By taking alook through the trace I found a few more interesting packets where it switched to 66.0.0.234 I'll email them to you so you can take a look.

----------

## deface

What device are you using for your dhcp server? What is your normal ip range given to you by your isp?

----------

## Tanj

normal ip range given by my router is 192.168.3.100-149

Bell Canada BELLCANADA-5 (NET-64-228-0-0-1) 

                                  64.228.0.0 - 64.231.255.255

Sympatico HSE SYMN060704-CA (NET-64-231-204-0-1) 

                                  64.231.204.0 - 64.231.207.255

my dhcp is from my router.

----------

## deface

Hmm, thats odd. I actually happen to work with the company who owns the ip range your getting a dhcp offer from. - ITC Deltacom - but they are based in south eastern US .. not Canada.

What type of router do you have? Can you verify the firmware is up to date? This honestly sounds like faulty hardware (router) to me. Possibly a used router? whose settings are flaky and falling back to its original config?

----------

## UberLord

OK, I think there is a bug in dhcpcd. There is also a bug in your router I suspect.
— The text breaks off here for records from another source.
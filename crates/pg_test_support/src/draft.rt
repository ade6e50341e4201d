//! Unfinished games, and games by tables.

ghost use Rattle.std.specs.Prelude.{All};
ghost use Rattle.pg_game.specs.Specification.{AreNumbers};

use crate::sets::vertices_of;
use pg_game::{Game, GameFault, Memory, Player, Sequence, Spec};
use std::alloc::Global;

pub const EVEN: Player = Player::Even;

pub const ODD: Player = Player::Odd;

/// A vertex of a claim or an entry, and the choice there.
pub type Row = (u32, Option<u32>);

/// The priority, the owner and the successors of a vertex.
pub type Vertex<'a> = (u32, Player, &'a [u32]);

/// The same with a set of successors; a game is a slice of them.
pub type Plain = (u32, Player, u32);

/// An unfinished game, whose identifiers are 0, 1 and so on.
#[derive(Drop)]
pub struct Draft {
    specs: Vec<Spec>,
    ghost numbers: { All AreNumbers specs.items },
}

impl Draft {
    pub fn new(alloc: Global) -> Draft {
        Draft {
            specs: Vec::new(alloc),
        }
    }

    /// How many vertices there are, as far as a game may have them.
    pub fn len(&self) -> u32 {
        self.specs.len().min(1_048_576) as u32
    }

    /// Adds a vertex of at most the greatest priority.
    pub fn add(
        &mut self,
        alloc: Global,
        priority: u32,
        owner: Player,
        successors: &[u32],
    ) -> Result<(), Memory> {
        let successors = Sequence::new(Vec::from_slice(alloc, successors)?);
        self.specs.push(Spec {
            id: self.specs.len().min(1_048_576) as u32,
            priority: priority.min(2_147_483_647),
            owner,
            successors,
        })?;
        Ok(())
    }

    pub fn game(self, alloc: Global) -> Result<Game, GameFault> {
        Game::from_specs(alloc, self.specs)
    }
}

/// The game of these vertices.
pub fn game_of(alloc: Global, rows: &[Vertex]) -> Result<Game, GameFault> {
    let mut draft = Draft::new(alloc);
    for (priority, owner, successors) in rows {
        draft.add(alloc, *priority, *owner, *successors)?;
    }
    draft.game(alloc)
}

/// The game of these vertices, whose successors are sets.
pub fn game_of_sets(alloc: Global, rows: &[Plain]) -> Result<Game, GameFault> {
    let mut draft = Draft::new(alloc);
    for (priority, owner, set) in rows {
        let successors = vertices_of(alloc, *set)?;
        draft.add(alloc, *priority, *owner, successors.as_slice())?;
    }
    draft.game(alloc)
}

/// How many vertices a game of sets has, which are below 32.
pub fn size_of(game: &[Plain]) -> u32 {
    game.len().min(32) as u32
}

/// This many vertices of Even's, of priority 0, each of which is its own and only successor.
pub fn own_loops(alloc: Global, n: u32) -> Result<Game, GameFault> {
    let mut draft = Draft::new(alloc);
    for v in 0..n {
        draft.add(alloc, 0, EVEN, [v].as_slice())?;
    }
    draft.game(alloc)
}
The clue was that we sent out one packet where we requested an IP of 0.0.0.0 - which is obviously wrong.

Anyway, I've tweaked things a little and whacked up a tarball for you to test.

http://dev.gentoo.org/~uberlord/dhcpcd-3.0.17_pre1.tar.bz2

Let me know if it works either way  :Smile: 

----------

## Tanj

ok, I installed your tar ball.

now we have to play the waiting game and see if it trips out again. I have started a wireshark trace again so we shall see what we see.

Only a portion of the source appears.